Work item: Go through the listing below and count the lines with "begun" in them. Only the count is needed.

:::::

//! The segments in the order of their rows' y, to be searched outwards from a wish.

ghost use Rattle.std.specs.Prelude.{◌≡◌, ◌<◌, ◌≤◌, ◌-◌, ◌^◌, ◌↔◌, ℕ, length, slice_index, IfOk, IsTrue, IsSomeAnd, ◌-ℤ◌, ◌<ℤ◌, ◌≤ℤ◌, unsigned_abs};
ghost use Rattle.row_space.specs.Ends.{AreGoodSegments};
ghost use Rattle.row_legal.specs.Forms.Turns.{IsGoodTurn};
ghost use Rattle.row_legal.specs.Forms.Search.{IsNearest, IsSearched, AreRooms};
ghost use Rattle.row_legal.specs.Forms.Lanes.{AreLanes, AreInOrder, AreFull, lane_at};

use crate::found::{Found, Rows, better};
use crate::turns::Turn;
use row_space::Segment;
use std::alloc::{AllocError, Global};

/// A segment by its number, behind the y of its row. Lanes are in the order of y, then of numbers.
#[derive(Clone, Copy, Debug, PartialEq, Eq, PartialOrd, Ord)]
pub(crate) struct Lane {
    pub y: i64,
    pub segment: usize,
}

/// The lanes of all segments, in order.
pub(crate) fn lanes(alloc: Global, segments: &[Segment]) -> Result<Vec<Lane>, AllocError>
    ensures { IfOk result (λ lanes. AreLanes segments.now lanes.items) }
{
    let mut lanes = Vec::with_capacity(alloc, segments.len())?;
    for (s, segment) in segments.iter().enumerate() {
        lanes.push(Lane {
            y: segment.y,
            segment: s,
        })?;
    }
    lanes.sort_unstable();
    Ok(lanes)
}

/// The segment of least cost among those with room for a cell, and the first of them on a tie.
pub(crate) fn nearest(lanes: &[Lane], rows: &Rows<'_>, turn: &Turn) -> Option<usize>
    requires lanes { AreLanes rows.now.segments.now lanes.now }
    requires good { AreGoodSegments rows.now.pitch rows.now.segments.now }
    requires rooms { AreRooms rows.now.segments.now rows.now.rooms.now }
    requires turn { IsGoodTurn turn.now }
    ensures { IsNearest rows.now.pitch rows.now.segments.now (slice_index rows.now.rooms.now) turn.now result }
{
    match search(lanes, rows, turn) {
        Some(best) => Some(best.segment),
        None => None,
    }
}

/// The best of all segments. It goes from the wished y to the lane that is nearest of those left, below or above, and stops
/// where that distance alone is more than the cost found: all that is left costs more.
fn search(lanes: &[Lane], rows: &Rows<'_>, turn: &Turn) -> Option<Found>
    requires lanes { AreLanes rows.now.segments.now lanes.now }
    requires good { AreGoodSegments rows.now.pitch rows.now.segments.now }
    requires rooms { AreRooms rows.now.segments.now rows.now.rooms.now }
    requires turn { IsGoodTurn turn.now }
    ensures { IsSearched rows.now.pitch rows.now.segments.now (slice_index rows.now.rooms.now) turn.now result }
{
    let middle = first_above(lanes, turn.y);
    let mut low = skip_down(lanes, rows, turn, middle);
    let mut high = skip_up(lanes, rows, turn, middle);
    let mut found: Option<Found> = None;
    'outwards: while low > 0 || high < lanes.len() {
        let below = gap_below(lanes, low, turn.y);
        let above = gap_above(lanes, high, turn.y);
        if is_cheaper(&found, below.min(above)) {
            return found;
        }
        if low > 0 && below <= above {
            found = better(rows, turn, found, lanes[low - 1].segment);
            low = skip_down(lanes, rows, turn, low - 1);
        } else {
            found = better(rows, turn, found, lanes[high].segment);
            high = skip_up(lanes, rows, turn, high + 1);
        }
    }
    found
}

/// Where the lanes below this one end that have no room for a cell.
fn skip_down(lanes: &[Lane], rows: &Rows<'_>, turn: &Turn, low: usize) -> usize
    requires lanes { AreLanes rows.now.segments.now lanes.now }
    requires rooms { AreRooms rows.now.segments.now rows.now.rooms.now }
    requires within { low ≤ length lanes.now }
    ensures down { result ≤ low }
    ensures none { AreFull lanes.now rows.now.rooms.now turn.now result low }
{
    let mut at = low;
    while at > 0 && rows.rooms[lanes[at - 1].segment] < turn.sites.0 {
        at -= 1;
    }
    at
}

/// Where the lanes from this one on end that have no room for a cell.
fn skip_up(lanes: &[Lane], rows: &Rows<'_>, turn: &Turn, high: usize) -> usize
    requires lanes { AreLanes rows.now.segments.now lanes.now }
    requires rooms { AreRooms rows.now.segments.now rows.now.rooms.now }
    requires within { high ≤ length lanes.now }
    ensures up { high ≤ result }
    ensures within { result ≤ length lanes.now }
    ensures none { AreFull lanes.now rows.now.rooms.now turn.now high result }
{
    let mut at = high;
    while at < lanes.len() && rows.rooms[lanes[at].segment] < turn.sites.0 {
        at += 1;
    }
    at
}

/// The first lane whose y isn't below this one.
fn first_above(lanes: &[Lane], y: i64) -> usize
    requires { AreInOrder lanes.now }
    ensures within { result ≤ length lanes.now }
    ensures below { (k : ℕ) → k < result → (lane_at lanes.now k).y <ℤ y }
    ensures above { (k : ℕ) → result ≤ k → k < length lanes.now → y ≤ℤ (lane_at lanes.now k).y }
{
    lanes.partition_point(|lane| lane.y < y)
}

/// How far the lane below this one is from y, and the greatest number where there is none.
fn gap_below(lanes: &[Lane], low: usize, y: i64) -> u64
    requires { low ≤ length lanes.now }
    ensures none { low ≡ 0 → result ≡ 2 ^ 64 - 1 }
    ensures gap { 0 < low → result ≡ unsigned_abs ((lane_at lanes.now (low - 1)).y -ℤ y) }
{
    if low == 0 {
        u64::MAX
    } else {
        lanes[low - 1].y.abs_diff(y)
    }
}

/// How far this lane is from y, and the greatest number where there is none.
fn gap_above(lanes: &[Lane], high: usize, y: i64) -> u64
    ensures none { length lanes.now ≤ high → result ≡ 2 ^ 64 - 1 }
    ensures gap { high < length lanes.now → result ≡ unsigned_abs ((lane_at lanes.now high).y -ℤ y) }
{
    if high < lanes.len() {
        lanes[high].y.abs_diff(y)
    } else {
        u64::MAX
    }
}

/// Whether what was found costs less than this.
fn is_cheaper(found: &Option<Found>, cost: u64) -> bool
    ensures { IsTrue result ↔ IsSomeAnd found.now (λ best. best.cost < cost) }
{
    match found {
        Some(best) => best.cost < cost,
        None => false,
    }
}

:::::

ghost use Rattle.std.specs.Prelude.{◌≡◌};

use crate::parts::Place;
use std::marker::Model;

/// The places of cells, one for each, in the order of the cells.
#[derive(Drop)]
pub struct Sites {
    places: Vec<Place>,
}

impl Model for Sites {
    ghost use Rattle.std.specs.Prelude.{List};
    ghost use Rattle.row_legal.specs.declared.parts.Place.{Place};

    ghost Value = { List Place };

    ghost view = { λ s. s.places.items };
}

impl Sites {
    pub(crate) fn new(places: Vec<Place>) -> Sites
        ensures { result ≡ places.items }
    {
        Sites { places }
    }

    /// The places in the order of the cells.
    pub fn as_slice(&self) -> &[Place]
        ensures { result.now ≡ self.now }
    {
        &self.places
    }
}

:::::

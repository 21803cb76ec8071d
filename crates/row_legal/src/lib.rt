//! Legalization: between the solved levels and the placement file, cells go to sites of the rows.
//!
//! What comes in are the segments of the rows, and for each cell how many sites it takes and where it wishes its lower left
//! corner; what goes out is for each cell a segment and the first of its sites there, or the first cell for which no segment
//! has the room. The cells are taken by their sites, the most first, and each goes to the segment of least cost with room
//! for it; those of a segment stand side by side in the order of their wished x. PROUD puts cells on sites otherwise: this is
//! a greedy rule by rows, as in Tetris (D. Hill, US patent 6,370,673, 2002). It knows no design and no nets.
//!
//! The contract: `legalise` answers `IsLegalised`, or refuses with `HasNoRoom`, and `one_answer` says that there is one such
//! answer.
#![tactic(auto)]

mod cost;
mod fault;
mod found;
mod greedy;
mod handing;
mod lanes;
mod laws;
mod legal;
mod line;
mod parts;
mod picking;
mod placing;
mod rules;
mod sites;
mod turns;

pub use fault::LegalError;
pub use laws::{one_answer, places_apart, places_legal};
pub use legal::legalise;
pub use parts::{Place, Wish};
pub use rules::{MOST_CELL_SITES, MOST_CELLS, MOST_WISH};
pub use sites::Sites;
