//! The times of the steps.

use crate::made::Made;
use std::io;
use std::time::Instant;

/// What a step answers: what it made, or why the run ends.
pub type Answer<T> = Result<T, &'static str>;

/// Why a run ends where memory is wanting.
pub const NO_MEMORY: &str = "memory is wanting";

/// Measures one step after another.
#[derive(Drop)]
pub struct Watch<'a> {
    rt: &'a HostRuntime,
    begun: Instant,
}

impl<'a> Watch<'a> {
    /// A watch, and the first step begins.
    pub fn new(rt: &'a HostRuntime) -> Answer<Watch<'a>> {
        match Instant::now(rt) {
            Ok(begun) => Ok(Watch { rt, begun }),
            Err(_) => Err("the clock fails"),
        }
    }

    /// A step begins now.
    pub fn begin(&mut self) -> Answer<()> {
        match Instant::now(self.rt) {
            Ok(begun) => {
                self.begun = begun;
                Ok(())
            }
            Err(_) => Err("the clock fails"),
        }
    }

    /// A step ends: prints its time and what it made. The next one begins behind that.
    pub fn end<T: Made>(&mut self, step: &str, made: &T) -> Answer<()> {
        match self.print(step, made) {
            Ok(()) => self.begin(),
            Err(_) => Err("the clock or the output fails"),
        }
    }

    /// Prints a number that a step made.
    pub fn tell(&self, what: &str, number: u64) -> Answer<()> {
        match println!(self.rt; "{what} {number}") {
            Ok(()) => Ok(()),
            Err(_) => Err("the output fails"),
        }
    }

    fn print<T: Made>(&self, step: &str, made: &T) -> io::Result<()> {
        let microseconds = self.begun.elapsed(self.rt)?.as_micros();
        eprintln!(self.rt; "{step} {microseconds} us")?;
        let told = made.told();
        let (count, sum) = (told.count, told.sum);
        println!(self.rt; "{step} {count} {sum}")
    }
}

:::::

Exercise answer: 5